Updated: Mar 16, 2021

Starting the week with more positive news. As always!

  • 2020 was remarkable year for rhino protection in Kenya where not one single rhino lost its horn or lost its life - a feat not achieved since 1999. Contributing factors include tackling poverty in rural areas, greater numbers of protection rangers and increased policing efforts to seize rhino horns being trafficked.

  • A 'universal vaccine' that can conquer all variants could be available within a year thanks to British scientists. It would work on all Covid-19 variants by targeting the core of the virus instead of just the spike protein. British scientists at the University of Nottingham are developing a "universal” Covid-19 vaccine which, if successful, would end the need to keep tweaking existing jabs as the virus mutates.

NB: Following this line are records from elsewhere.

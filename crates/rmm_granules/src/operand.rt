//! The failure conditions on operands that are addresses of granules.
use rmm_model::Condition;

/// The failure conditions on an operand that is a granule's address: misalignment, an address out of bounds, and a
/// wrong state or physical address space.
#[derive(Clone, Copy)]
pub struct OperandConditions {
    pub align: Condition,
    pub bound: Condition,
    pub state: Condition,
}

impl OperandConditions {
    /// The failure conditions on the operand of RMI_GRANULE_DELEGATE and RMI_GRANULE_UNDELEGATE.
    pub const GRANULE: OperandConditions = OperandConditions {
        align: Condition::GranAlign,
        bound: Condition::GranBound,
        state: Condition::GranState,
    };

    /// The failure conditions on the address of an RD.
    pub const RD: OperandConditions = OperandConditions {
        align: Condition::RdAlign,
        bound: Condition::RdBound,
        state: Condition::RdState,
    };

    /// The failure conditions on the address of the host's page with the parameters of a new realm or REC.
    pub const PARAMS: OperandConditions = OperandConditions {
        align: Condition::ParamsAlign,
        bound: Condition::ParamsBound,
        state: Condition::ParamsPas,
    };

    /// The failure conditions on the address of a new translation table's granule.
    pub const RTT: OperandConditions = OperandConditions {
        align: Condition::RttAlign,
        bound: Condition::RttBound,
        state: Condition::RttState,
    };

    /// The failure conditions on the address of the granule for new data.
    pub const DATA: OperandConditions = OperandConditions {
        align: Condition::DataAlign,
        bound: Condition::DataBound,
        state: Condition::DataState,
    };

    /// The failure conditions on the address of the host's page that RMI_DATA_CREATE copies.
    pub const SOURCE: OperandConditions = OperandConditions {
        align: Condition::SrcAlign,
        bound: Condition::SrcBound,
        state: Condition::SrcPas,
    };

    /// The failure conditions on the address of a new REC's granule.
    pub const NEW_REC: OperandConditions = OperandConditions {
        align: Condition::RecAlign,
        bound: Condition::RecBound,
        state: Condition::RecState,
    };

    /// The failure conditions on the address of an existing REC.
    pub const REC: OperandConditions = OperandConditions {
        align: Condition::RecAlign,
        bound: Condition::RecBound,
        state: Condition::RecGranState,
    };

    /// The failure conditions on the address of RMI_REC_ENTER's run page, which holds the entry and exit values.
    pub const RUN: OperandConditions = OperandConditions {
        align: Condition::RunAlign,
        bound: Condition::RunBound,
        state: Condition::RunPas,
    };

    /// The failure conditions on the address of the calling REC of RMI_PSCI_COMPLETE: the REC whose PSCI request the
    /// command completes.
    pub const CALLING: OperandConditions = OperandConditions {
        align: Condition::CallingAlign,
        bound: Condition::CallingBound,
        state: Condition::CallingState,
    };

    /// The failure conditions on the address of the target REC of RMI_PSCI_COMPLETE: the REC that the completed PSCI
    /// request names.
    pub const TARGET: OperandConditions = OperandConditions {
        align: Condition::TargetAlign,
        bound: Condition::TargetBound,
        state: Condition::TargetState,
    };
}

  • Guide to the new lexicon of love: From coronazoned to lockblocking - the dating language we’ve learnt this year.

  • Michelin star food delivered. Simon Rogan, chef of the two-Michelin starred L’Enclume in Cumbria, north west England, had to think quickly when lockdown hit. In April 2020, he became one of the first Michelin-starred chefs to launch a range of meal boxes for customers to order and finish off cooking at home. The success of Simon Rogan at Home has been “simply ballistic,” Rogan says, with over 900 boxes a week sold from his kitchen at £45 per head ($62), and delivered nationwide. Yes, that's over £40,000 every week. He even has a weekly waiting list of around 400 customers.

  • Sustainable construction materials: The American Association for the Advancement of Science met last week to discuss lowering carbon emissions by erecting skyscrapers, amongst other buildings, built of wood.

  • As many people have been asked to work from home during the pandemic, several companies - including Microsoft and Twitter - have decided to make it a permanent thing and give their employees more flexibility to choose when and where they work from. Salesforce is the latest tech giant to announce plans for most of its employees to work remotely part- or full-time after the pandemic, declaring that the “9-to-5 workday is dead”.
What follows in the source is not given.